(Saved data entries)
BEGIN

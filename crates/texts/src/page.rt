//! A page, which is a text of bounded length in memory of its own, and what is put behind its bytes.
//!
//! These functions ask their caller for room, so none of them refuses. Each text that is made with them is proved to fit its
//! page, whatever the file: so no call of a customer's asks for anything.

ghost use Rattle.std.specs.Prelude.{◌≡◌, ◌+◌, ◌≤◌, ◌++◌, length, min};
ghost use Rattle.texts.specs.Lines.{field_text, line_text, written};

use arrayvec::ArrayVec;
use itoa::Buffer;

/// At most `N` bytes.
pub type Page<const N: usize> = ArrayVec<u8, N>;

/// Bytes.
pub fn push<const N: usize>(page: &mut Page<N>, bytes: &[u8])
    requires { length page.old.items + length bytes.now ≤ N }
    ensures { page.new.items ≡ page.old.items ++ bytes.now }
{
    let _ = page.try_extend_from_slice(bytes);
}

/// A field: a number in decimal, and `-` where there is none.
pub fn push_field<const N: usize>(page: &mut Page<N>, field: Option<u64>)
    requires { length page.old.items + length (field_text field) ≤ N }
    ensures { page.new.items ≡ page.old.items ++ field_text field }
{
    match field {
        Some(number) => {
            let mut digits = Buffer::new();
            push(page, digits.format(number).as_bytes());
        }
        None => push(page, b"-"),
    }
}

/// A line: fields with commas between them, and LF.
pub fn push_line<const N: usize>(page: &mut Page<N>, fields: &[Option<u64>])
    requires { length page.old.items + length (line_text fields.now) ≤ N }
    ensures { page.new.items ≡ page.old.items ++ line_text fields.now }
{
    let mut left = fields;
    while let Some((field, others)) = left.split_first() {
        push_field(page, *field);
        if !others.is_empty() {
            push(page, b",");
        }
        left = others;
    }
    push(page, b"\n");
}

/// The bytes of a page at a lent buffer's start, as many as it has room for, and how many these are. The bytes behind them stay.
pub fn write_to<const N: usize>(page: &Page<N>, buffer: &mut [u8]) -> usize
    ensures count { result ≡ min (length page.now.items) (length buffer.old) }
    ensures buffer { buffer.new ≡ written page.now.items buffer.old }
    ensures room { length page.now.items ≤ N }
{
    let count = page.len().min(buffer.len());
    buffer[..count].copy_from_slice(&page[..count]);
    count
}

END

* _WORK ORDER_: From the records above, extract every line exactly as it stands.

* _YOUR SOLUTION_:
filename crates/texts/src/page.rt
//! A page, which is a text of bounded length in memory of its own, and what is put behind its bytes.
//!
//! These functions ask their caller for room, so none of them refuses. Each text that is made with them is proved to fit its
//! page, whatever the file: so no call of a customer's asks for anything.

ghost use Rattle.std.specs.Prelude.{◌≡◌, ◌+◌, ◌≤◌, ◌++◌, length, min};
ghost use Rattle.texts.specs.Lines.{field_text, line_text, written};

use arrayvec::ArrayVec;
use itoa::Buffer;

/// At most `N` bytes.
pub type Page<const N: usize> = ArrayVec<u8, N>;

/// Bytes.
pub fn push<const N: usize>(page: &mut Page<N>, bytes: &[u8])
    requires { length page.old.items + length bytes.now ≤ N }
    ensures { page.new.items ≡ page.old.items ++ bytes.now }
{
    let _ = page.try_extend_from_slice(bytes);
}

/// A field: a number in decimal, and `-` where there is none.
pub fn push_field<const N: usize>(page: &mut Page<N>, field: Option<u64>)
    requires { length page.old.items + length (field_text field) ≤ N }
    ensures { page.new.items ≡ page.old.items ++ field_text field }
{
    match field {
        Some(number) => {
            let mut digits = Buffer::new();
            push(page, digits.format(number).as_bytes());
        }
        None => push(page, b"-"),
    }
}

/// A line: fields with commas between them, and LF.
pub fn push_line<const N: usize>(page: &mut Page<N>, fields: &[Option<u64>])
    requires { length page.old.items + length (line_text fields.now) ≤ N }
    ensures { page.new.items ≡ page.old.items ++ line_text fields.now }
{
    let mut left = fields;
    while let Some((field, others)) = left.split_first() {
        push_field(page, *field);
        if !others.is_empty() {
            push(page, b",");
        }
        left = others;
    }
    push(page, b"\n");
}

/// The bytes of a page at a lent buffer's start, as many as it has room for, and how many these are. The bytes behind them stay.
pub fn write_to<const N: usize>(page: &Page<N>, buffer: &mut [u8]) -> usize
    ensures count { result ≡ min (length page.now.items) (length buffer.old) }
    ensures buffer { buffer.new ≡ written page.now.items buffer.old }
    ensures room { length page.now.items ≤ N }
{
    let count = page.len().min(buffer.len());
    buffer[..count].copy_from_slice(&page[..count]);
    count
}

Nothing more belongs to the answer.